**Task prompt**
The response must consist of all the records, retyped exactly.

**Entries supplied**

****

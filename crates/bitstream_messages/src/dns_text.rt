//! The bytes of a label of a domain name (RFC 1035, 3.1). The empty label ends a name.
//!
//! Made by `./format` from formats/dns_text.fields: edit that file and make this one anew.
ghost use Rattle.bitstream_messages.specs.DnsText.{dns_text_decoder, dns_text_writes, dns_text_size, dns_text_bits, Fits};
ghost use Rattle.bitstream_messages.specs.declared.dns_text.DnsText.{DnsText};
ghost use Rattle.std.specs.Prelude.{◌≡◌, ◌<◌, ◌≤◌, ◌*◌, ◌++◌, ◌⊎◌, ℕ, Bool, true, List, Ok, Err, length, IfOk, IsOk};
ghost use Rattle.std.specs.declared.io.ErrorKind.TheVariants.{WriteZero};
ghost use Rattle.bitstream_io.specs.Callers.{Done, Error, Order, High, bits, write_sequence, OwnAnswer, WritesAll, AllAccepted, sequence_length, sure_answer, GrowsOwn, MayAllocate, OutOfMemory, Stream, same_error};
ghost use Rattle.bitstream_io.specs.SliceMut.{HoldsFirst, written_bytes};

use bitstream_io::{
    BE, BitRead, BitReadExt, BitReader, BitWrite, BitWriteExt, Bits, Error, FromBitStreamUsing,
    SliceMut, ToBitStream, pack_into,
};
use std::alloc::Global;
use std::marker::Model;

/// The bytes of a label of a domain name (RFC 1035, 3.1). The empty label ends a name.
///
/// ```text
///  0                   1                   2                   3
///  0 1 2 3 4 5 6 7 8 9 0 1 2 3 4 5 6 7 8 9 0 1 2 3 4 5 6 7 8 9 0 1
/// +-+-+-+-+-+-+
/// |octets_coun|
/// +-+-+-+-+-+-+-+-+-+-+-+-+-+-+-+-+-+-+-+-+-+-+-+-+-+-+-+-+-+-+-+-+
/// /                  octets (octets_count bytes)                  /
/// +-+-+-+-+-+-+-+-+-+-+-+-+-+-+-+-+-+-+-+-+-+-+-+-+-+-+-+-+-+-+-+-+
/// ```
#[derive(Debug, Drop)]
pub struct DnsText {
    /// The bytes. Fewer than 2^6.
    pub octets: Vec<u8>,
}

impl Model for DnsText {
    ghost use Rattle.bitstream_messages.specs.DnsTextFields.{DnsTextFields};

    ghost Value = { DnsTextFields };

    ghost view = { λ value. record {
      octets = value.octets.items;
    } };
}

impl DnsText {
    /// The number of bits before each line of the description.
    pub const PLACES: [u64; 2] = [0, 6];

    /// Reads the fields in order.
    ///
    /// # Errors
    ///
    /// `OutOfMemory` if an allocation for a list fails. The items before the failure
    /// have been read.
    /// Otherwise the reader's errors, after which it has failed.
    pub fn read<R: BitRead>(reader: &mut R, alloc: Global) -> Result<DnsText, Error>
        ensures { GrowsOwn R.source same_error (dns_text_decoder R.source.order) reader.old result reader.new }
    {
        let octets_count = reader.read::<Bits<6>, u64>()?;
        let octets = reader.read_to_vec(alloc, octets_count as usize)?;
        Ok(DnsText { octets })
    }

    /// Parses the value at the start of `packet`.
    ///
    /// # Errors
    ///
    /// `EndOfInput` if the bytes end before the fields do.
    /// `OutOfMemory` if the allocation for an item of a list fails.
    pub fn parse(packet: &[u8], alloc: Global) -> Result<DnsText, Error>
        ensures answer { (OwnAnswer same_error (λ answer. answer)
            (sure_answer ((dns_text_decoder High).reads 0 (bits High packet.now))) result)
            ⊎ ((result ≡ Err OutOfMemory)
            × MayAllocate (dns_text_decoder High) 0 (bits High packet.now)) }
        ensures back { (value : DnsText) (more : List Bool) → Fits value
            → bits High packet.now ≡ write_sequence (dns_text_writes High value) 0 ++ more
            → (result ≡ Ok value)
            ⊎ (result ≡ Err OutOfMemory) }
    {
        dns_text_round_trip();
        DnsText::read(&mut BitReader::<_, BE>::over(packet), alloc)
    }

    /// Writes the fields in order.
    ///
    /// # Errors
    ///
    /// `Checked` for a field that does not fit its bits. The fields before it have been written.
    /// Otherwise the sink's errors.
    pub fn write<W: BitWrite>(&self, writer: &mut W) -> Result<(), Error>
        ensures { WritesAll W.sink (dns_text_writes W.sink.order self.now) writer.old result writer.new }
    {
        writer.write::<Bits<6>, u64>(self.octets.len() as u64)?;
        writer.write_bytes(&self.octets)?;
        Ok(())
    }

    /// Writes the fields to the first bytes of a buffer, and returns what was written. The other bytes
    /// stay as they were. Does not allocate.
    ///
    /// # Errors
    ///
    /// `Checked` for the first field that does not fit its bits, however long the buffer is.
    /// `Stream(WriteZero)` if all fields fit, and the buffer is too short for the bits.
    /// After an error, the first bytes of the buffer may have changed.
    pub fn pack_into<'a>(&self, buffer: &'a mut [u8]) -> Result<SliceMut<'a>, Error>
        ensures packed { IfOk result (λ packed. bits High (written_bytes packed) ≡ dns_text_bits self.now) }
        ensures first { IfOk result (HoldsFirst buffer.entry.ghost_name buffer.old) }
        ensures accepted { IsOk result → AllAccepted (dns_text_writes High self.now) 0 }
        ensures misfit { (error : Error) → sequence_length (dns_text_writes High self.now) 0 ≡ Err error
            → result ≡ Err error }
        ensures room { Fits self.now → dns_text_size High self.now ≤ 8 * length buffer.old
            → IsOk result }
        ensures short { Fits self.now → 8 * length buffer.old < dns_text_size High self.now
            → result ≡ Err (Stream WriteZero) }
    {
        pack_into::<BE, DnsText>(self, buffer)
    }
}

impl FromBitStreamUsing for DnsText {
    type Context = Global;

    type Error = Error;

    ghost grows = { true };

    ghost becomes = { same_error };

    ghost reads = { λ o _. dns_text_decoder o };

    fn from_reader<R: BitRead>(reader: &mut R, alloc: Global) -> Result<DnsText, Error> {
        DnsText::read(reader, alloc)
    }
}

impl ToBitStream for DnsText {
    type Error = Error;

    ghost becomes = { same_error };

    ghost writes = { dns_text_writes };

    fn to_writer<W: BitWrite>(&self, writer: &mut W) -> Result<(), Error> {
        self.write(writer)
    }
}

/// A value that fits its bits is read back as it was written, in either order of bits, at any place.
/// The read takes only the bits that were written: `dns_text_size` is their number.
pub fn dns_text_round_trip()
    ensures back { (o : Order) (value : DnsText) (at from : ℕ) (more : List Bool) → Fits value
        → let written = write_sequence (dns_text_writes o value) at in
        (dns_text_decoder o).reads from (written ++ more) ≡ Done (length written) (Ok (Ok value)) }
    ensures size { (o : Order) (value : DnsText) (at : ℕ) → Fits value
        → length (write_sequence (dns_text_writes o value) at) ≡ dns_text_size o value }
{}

****

**Reply**
filename crates/bitstream_messages/src/dns_text.rt
//! The bytes of a label of a domain name (RFC 1035, 3.1). The empty label ends a name.
//!
//! Made by `./format` from formats/dns_text.fields: edit that file and make this one anew.
ghost use Rattle.bitstream_messages.specs.DnsText.{dns_text_decoder, dns_text_writes, dns_text_size, dns_text_bits, Fits};
ghost use Rattle.bitstream_messages.specs.declared.dns_text.DnsText.{DnsText};
ghost use Rattle.std.specs.Prelude.{◌≡◌, ◌<◌, ◌≤◌, ◌*◌, ◌++◌, ◌⊎◌, ℕ, Bool, true, List, Ok, Err, length, IfOk, IsOk};
ghost use Rattle.std.specs.declared.io.ErrorKind.TheVariants.{WriteZero};
ghost use Rattle.bitstream_io.specs.Callers.{Done, Error, Order, High, bits, write_sequence, OwnAnswer, WritesAll, AllAccepted, sequence_length, sure_answer, GrowsOwn, MayAllocate, OutOfMemory, Stream, same_error};
ghost use Rattle.bitstream_io.specs.SliceMut.{HoldsFirst, written_bytes};

use bitstream_io::{
    BE, BitRead, BitReadExt, BitReader, BitWrite, BitWriteExt, Bits, Error, FromBitStreamUsing,
    SliceMut, ToBitStream, pack_into,
};
use std::alloc::Global;
use std::marker::Model;

/// The bytes of a label of a domain name (RFC 1035, 3.1). The empty label ends a name.
///
/// ```text
///  0                   1                   2                   3
///  0 1 2 3 4 5 6 7 8 9 0 1 2 3 4 5 6 7 8 9 0 1 2 3 4 5 6 7 8 9 0 1
/// +-+-+-+-+-+-+
/// |octets_coun|
/// +-+-+-+-+-+-+-+-+-+-+-+-+-+-+-+-+-+-+-+-+-+-+-+-+-+-+-+-+-+-+-+-+
/// /                  octets (octets_count bytes)                  /
/// +-+-+-+-+-+-+-+-+-+-+-+-+-+-+-+-+-+-+-+-+-+-+-+-+-+-+-+-+-+-+-+-+
/// ```
#[derive(Debug, Drop)]
pub struct DnsText {
    /// The bytes. Fewer than 2^6.
    pub octets: Vec<u8>,
}

impl Model for DnsText {
    ghost use Rattle.bitstream_messages.specs.DnsTextFields.{DnsTextFields};

    ghost Value = { DnsTextFields };

    ghost view = { λ value. record {
      octets = value.octets.items;
    } };
}

impl DnsText {
    /// The number of bits before each line of the description.
    pub const PLACES: [u64; 2] = [0, 6];

    /// Reads the fields in order.
    ///
    /// # Errors
    ///
    /// `OutOfMemory` if an allocation for a list fails. The items before the failure
    /// have been read.
    /// Otherwise the reader's errors, after which it has failed.
    pub fn read<R: BitRead>(reader: &mut R, alloc: Global) -> Result<DnsText, Error>
        ensures { GrowsOwn R.source same_error (dns_text_decoder R.source.order) reader.old result reader.new }
    {
        let octets_count = reader.read::<Bits<6>, u64>()?;
        let octets = reader.read_to_vec(alloc, octets_count as usize)?;
        Ok(DnsText { octets })
    }

    /// Parses the value at the start of `packet`.
    ///
    /// # Errors
    ///
    /// `EndOfInput` if the bytes end before the fields do.
    /// `OutOfMemory` if the allocation for an item of a list fails.
    pub fn parse(packet: &[u8], alloc: Global) -> Result<DnsText, Error>
        ensures answer { (OwnAnswer same_error (λ answer. answer)
            (sure_answer ((dns_text_decoder High).reads 0 (bits High packet.now))) result)
            ⊎ ((result ≡ Err OutOfMemory)
            × MayAllocate (dns_text_decoder High) 0 (bits High packet.now)) }
        ensures back { (value : DnsText) (more : List Bool) → Fits value
            → bits High packet.now ≡ write_sequence (dns_text_writes High value) 0 ++ more
            → (result ≡ Ok value)
            ⊎ (result ≡ Err OutOfMemory) }
    {
        dns_text_round_trip();
        DnsText::read(&mut BitReader::<_, BE>::over(packet), alloc)
    }

    /// Writes the fields in order.
    ///
    /// # Errors
    ///
    /// `Checked` for a field that does not fit its bits. The fields before it have been written.
    /// Otherwise the sink's errors.
    pub fn write<W: BitWrite>(&self, writer: &mut W) -> Result<(), Error>
        ensures { WritesAll W.sink (dns_text_writes W.sink.order self.now) writer.old result writer.new }
    {
        writer.write::<Bits<6>, u64>(self.octets.len() as u64)?;
        writer.write_bytes(&self.octets)?;
        Ok(())
    }

    /// Writes the fields to the first bytes of a buffer, and returns what was written. The other bytes
    /// stay as they were. Does not allocate.
    ///
    /// # Errors
    ///
    /// `Checked` for the first field that does not fit its bits, however long the buffer is.
    /// `Stream(WriteZero)` if all fields fit, and the buffer is too short for the bits.
    /// After an error, the first bytes of the buffer may have changed.
    pub fn pack_into<'a>(&self, buffer: &'a mut [u8]) -> Result<SliceMut<'a>, Error>
        ensures packed { IfOk result (λ packed. bits High (written_bytes packed) ≡ dns_text_bits self.now) }
        ensures first { IfOk result (HoldsFirst buffer.entry.ghost_name buffer.old) }
        ensures accepted { IsOk result → AllAccepted (dns_text_writes High self.now) 0 }
        ensures misfit { (error : Error) → sequence_length (dns_text_writes High self.now) 0 ≡ Err error
            → result ≡ Err error }
        ensures room { Fits self.now → dns_text_size High self.now ≤ 8 * length buffer.old
            → IsOk result }
        ensures short { Fits self.now → 8 * length buffer.old < dns_text_size High self.now
            → result ≡ Err (Stream WriteZero) }
    {
        pack_into::<BE, DnsText>(self, buffer)
    }
}

impl FromBitStreamUsing for DnsText {
    type Context = Global;

    type Error = Error;

    ghost grows = { true };

    ghost becomes = { same_error };

    ghost reads = { λ o _. dns_text_decoder o };

    fn from_reader<R: BitRead>(reader: &mut R, alloc: Global) -> Result<DnsText, Error> {
        DnsText::read(reader, alloc)
    }
}

impl ToBitStream for DnsText {
    type Error = Error;

    ghost becomes = { same_error };

    ghost writes = { dns_text_writes };

    fn to_writer<W: BitWrite>(&self, writer: &mut W) -> Result<(), Error> {
        self.write(writer)
    }
}

/// A value that fits its bits is read back as it was written, in either order of bits, at any place.
/// The read takes only the bits that were written: `dns_text_size` is their number.
pub fn dns_text_round_trip()
    ensures back { (o : Order) (value : DnsText) (at from : ℕ) (more : List Bool) → Fits value
        → let written = write_sequence (dns_text_writes o value) at in
        (dns_text_decoder o).reads from (written ++ more) ≡ Done (length written) (Ok (Ok value)) }
    ensures size { (o : Order) (value : DnsText) (at : ℕ) → Fits value
        → length (write_sequence (dns_text_writes o value) at) ≡ dns_text_size o value }
{}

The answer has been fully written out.